In 1994, the year before he died, Franciszek Gajowniczek visited St. Maximilian Kolbe Catholic Church of Houston and recounted his memories.
On July 30, 1941, at the Auschwitz, a German officer ordered the men to assemble, because a prisoner from their barracks had escaped. “This was to serve as an example to everyone,” Gajowniczek said, “so they would be afraid to flee.”
Ten men were chosen to die.
“The officer stood in front of me and pointed and I knew I was chosen to die. ‘I am losing my wife, and my children will now be orphaned.'"
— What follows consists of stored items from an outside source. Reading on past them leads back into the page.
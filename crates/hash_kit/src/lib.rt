//! Keyed hashing over SHA-256: HMAC (RFC 2104), the comparison of two MACs, and PBKDF2 for one block of 32 octets (RFC 8018, 5.2).
//!
//! SHA-256 itself is the crate `sha2`'s. No call allocates or fails.
#![tactic(auto)]

pub use compare::is_mac;
pub use keyed::hmac256;
pub use password::pbkdf2_256;

mod compare;
mod keyed;
mod password;
#[cfg(test)]
mod tests;
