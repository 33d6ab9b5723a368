//! The algorithms of protections, written.
ghost use Rattle.std.specs.Prelude.{◌≡◌, ℕ, ◌≤◌, ◌++◌, length, Some, IfOk};
ghost use Rattle.der_base.specs.Element.{element};
ghost use Rattle.asn_parts.specs.Number.{number_octets};
ghost use Rattle.pbmac.specs.Params.{pbkdf2_oid, pbmac1};
ghost use Rattle.protect.specs.Algorithms.{hss_lms, hmac_algorithm, mac_algorithm, algorithm_octets};

use asn_parts::number;
use asn_types::{HMAC_SHA256, HSS_LMS, PBKDF2, PBMAC1, write_alg};
use cmp_values::Octets;
use der_base::Writer;
use std::alloc::{AllocError, Global};

/// The element NULL.
const NULL: &[u8] = b"\x05\x00";

/// HSS/LMS, without parameters.
#[tactic(auto, using(asn_types::proofs::LengthLemmas::short), unfolding(crate::specs::Algorithms::hss_oid))]
pub(crate) fn hss_lms(alloc: Global) -> Result<Octets, AllocError>
    ensures spelled { IfOk result (λ octets. octets ≡ algorithm_octets hss_lms) }
    ensures short { IfOk result (λ octets. length octets ≤ 32) }
{
    write_alg(alloc, HSS_LMS, None)
}

/// HMAC-SHA-256, with the parameters NULL.
#[tactic(auto, using(asn_types::proofs::LengthLemmas::short), unfolding(pbmac::specs::Params::hmac_sha256))]
fn hmac_sha256(alloc: Global) -> Result<Octets, AllocError>
    ensures spelled { IfOk result (λ octets. octets ≡ algorithm_octets hmac_algorithm) }
    ensures short { IfOk result (λ octets. length octets ≤ 32) }
{
    write_alg(alloc, HMAC_SHA256, Some(NULL))
}

/// The parameters of PBKDF2.
#[tactic(auto, using(asn_types::proofs::LengthLemmas::short))]
fn kdf_params(alloc: Global, salt: &[u8; 16], rounds: u32, prf: &[u8]) -> Result<Octets, AllocError>
    requires { length prf.now ≤ 32 }
    ensures spelled { IfOk result (λ octets. octets ≡ element 0x30 (element 0x04 salt.now ++ (element 0x02 (number_octets rounds) ++ prf.now))) }
    ensures short { IfOk result (λ octets. length octets ≤ 128) }
{
    let mut writer = Writer::new(alloc);
    writer.put(0x04, salt)?;
    writer.put(0x02, number(u64::from(rounds)).as_slice())?;
    writer.put_whole(prf)?;
    writer.wrap(0x30, 0)?;
    Ok(Octets::of(writer.finish()))
}

/// The parameters of PBMAC1.
#[tactic(auto, using(asn_types::proofs::LengthLemmas::short))]
fn scheme_params(alloc: Global, kdf: &[u8], mac: &[u8]) -> Result<Octets, AllocError>
    requires kdf { length kdf.now ≤ 160 }
    requires mac { length mac.now ≤ 32 }
    ensures spelled { IfOk result (λ octets. octets ≡ element 0x30 (kdf.now ++ mac.now)) }
    ensures short { IfOk result (λ octets. length octets ≤ 200) }
{
    let mut writer = Writer::new(alloc);
    writer.put_whole(kdf)?;
    writer.put_whole(mac)?;
    writer.wrap(0x30, 0)?;
    Ok(Octets::of(writer.finish()))
}

/// PBKDF2 with these parameters.
#[tactic(auto, using(asn_types::proofs::LengthLemmas::short), unfolding(pbmac::specs::Params::pbkdf2_oid))]
fn pbkdf2(alloc: Global, params: &[u8]) -> Result<Octets, AllocError>
    requires { length params.now ≤ 128 }
    ensures spelled { IfOk result (λ octets. octets ≡ algorithm_octets (record { oid = pbkdf2_oid; params = Some params.now })) }
    ensures short { IfOk result (λ octets. length octets ≤ 160) }
{
    write_alg(alloc, PBKDF2, Some(params))
}

/// PBMAC1 with these parameters.
#[tactic(auto, using(asn_types::proofs::LengthLemmas::short), unfolding(pbmac::specs::Params::pbmac1))]
fn pbmac1(alloc: Global, params: &[u8]) -> Result<Octets, AllocError>
    requires { length params.now ≤ 200 }
    ensures spelled { IfOk result (λ octets. octets ≡ algorithm_octets (record { oid = pbmac1; params = Some params.now })) }
    ensures short { IfOk result (λ octets. length octets ≤ 256) }
{
    write_alg(alloc, PBMAC1, Some(params))
}

/// PBMAC1 with a salt and a count of rounds.
pub(crate) fn mac_algorithm(
    alloc: Global,
    salt: &[u8; 16],
    rounds: u32,
) -> Result<Octets, AllocError>
    ensures spelled { IfOk result (λ octets. octets ≡ algorithm_octets (mac_algorithm salt.now rounds)) }
    ensures short { IfOk result (λ octets. length octets ≤ 256) }
{
    let hmac = hmac_sha256(alloc)?;
    let params = kdf_params(alloc, salt, rounds, hmac.as_slice())?;
    let kdf = pbkdf2(alloc, params.as_slice())?;
    let scheme = scheme_params(alloc, kdf.as_slice(), hmac.as_slice())?;
    pbmac1(alloc, scheme.as_slice())
}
According to Gajowniczek the Kolbe stepped out from the crowd of other prisoners and said "I want to take the place of this man. He has a wife and a family. I have no one. I am a Catholic priest.“
Gajowniczek said he looked at the priest but that concentration camp rules forbade them from saying a word. “He had a satisfied look on his face and seemed very contented that he was doing this.”
The 10 were taken away, stripped naked, confined and left to starve. On Aug. 14, 1941, the four who had not yet died, including the priest, were each injected with a poison.
The priest, Gajowniczek told the congregation, “is the patron saint of anyone in need . . . the patron saint of anyone that needs help.”
In 1982 Gajowniczek sat at the canonization of Kolbe. I too was blessed to sit at that event. I looked down from my seat on the colonnade at the crowd of people in the special section and witnessed the effects of one life of sacrifice. It made the sacrifice of the Mass even more powerful.